An expatriate who intends to enter Malaysia for short-term assignments for the purpose of conducting trainings or involving in installation work or rendering servicing may apply for a Professional Visit Pass (PVP). A PVP is issued with MEV. It is valid for a period of between 1 to 6 months and is renewable up to a period of 12 months. No extension is granted beyond the 12 months period. In order to be eligible for PVP, the expatriate’s salary must be paid by an overseas company.

For expatriates who apply EP or PVP, they must have a sponsoring organisation in Malaysia to apply the pass on their behalf.

The tax year or year of assessment (YA) for individual tax runs from 1 January to 31 December (calendar year).  Malaysia adopts a current year basis of assessment. This means that income for the calendar year 2025 is taxable in the YA 2025. An individual carrying on a business in Malaysia is assessed tax based on the calendar year to be in line with the assessment year.

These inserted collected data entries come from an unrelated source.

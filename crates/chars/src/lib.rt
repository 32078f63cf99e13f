// One character of UTF-8 by RFC 3629. The model reads the bytes by a machine; this code asks how many bytes the character at a place
// has. specs/Chars.antt: from `between` a whole character leads back to `between`, and all else to a state from which none does.
// specs/Leads.antt: what each first byte asks for.
#![tactic(auto)]

ghost use Rattle.std.specs.Prelude.{◌≡◌, cond, ◌+◌, ◌≤◌, ◌<◌, length, get_or, drop};
ghost use Rattle.model.specs.Utf8.{utf8_first, utf8_step, within as is_within, tail1, tail2, bad};
ghost use Rattle.chars.specs.Chars.{char_len, length_if};

// The model's test of a byte. `contains` of a range would take the same three bytes, and a range made of two of them.
#[tactic(auto, using(std::proofs::lemmas::Bool::Decides::nat_tests))]
pub fn within(lo: u8, hi: u8, b: u8) -> bool
    ensures { result ≡ is_within lo hi b }
{
    lo <= b && b <= hi
}

// The second byte of three or of four, whose range the first one narrows.
fn second_fits(a: u8, b: u8) -> bool
    requires { (0xe0 ≤ a) × (a < 0xf5) }
    ensures of_three { a < 0xf0 → utf8_step (utf8_first a) b ≡ cond result tail1 bad }
    ensures of_four { 0xf0 ≤ a → utf8_step (utf8_first a) b ≡ cond result tail2 bad }
{
    match a {
        0xe0 => within(0xa0, 0xbf, b),
        0xed => within(0x80, 0x9f, b),
        0xf0 => within(0x90, 0xbf, b),
        0xf4 => within(0x80, 0x8f, b),
        _ => within(0x80, 0xbf, b),
    }
}

// Characters of two, of three and of four bytes: each asks for another first byte and tests other bytes, so one function of all would take the count,
// and choose by it. The text goes with a place, as in `utf8`; of the slice of what is left each would ask that it is not empty.
fn two(s: &[u8], at: usize) -> Option<usize>
    requires { (at < length s.now) × (0xc2 ≤ get_or s.now at 0) × (get_or s.now at 0 < 0xe0) }
    ensures { result ≡ length_if (char_len (drop at s.now)) }
{
    if s.len() - at < 2 {
        return None;
    }
    if !within(0x80, 0xbf, s[at + 1]) {
        return None;
    }
    Some(2)
}

fn three(s: &[u8], at: usize) -> Option<usize>
    requires { (at < length s.now) × (0xe0 ≤ get_or s.now at 0) × (get_or s.now at 0 < 0xf0) }
    ensures { result ≡ length_if (char_len (drop at s.now)) }
{
    if s.len() - at < 3 {
        return None;
    }
    if !second_fits(s[at], s[at + 1]) {
        return None;
    }
    if !within(0x80, 0xbf, s[at + 2]) {
        return None;
    }
    Some(3)
}

fn four(s: &[u8], at: usize) -> Option<usize>
    requires { (at < length s.now) × (0xf0 ≤ get_or s.now at 0) × (get_or s.now at 0 < 0xf5) }
    ensures { result ≡ length_if (char_len (drop at s.now)) }
{
    if s.len() - at < 4 {
        return None;
    }
    if !second_fits(s[at], s[at + 1]) {
        return None;
    }
    if !within(0x80, 0xbf, s[at + 2]) {
        return None;
    }
    if !within(0x80, 0xbf, s[at + 3]) {
        return None;
    }
    Some(4)
}

// How many bytes the character at `at` has, if there is one.
// Inlined by speed: behind a call `utf8::is_utf8` waits for each length before it reads on, and takes 1.3 to 1.4 times as long on characters of four bytes.
#[inline]
#[tactic(auto, using(crate::proofs::Lengths::one_byte, crate::proofs::Lengths::none_low, crate::proofs::Lengths::none_high))]
pub fn char_len(s: &[u8], at: usize) -> Option<usize>
    requires { at < length s.now }
    ensures { result ≡ length_if (char_len (drop at s.now)) }
{
    match s[at] {
        0x00..=0x7f => Some(1),
        0xc2..=0xdf => two(s, at),
        0xe0..=0xef => three(s, at),
        0xf0..=0xf4 => four(s, at),
        _ => None,
    }
}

An individual is assessed based on the Self-assessment system (SAS) of taxation. Under the SAS, an individual has to submit his/her income tax return to the tax authority and settle the balance of tax payable if any, by 30 April in the year following the year of assessment if the individual derives employment income and other non-business income. If an individual also has business income in addition to his/her employment income and other non-business income, the individual has to submit his/her income tax returns by 30 June in the year following the year of assessment.

The income tax return submitted to the tax authority is deemed a notice of assessment under SAS. An appeal must be filed within 30 days from the notice of the deemed assessment if the person wants to amend his/her own income tax return.

An individual arriving in Malaysia who is liable to income tax in the following year of assessment is required to notify the tax authority within 1 month after arrival. Non-resident individuals who are subject to final withholding taxes do not need to file income tax returns unless advised by the tax authority to do so.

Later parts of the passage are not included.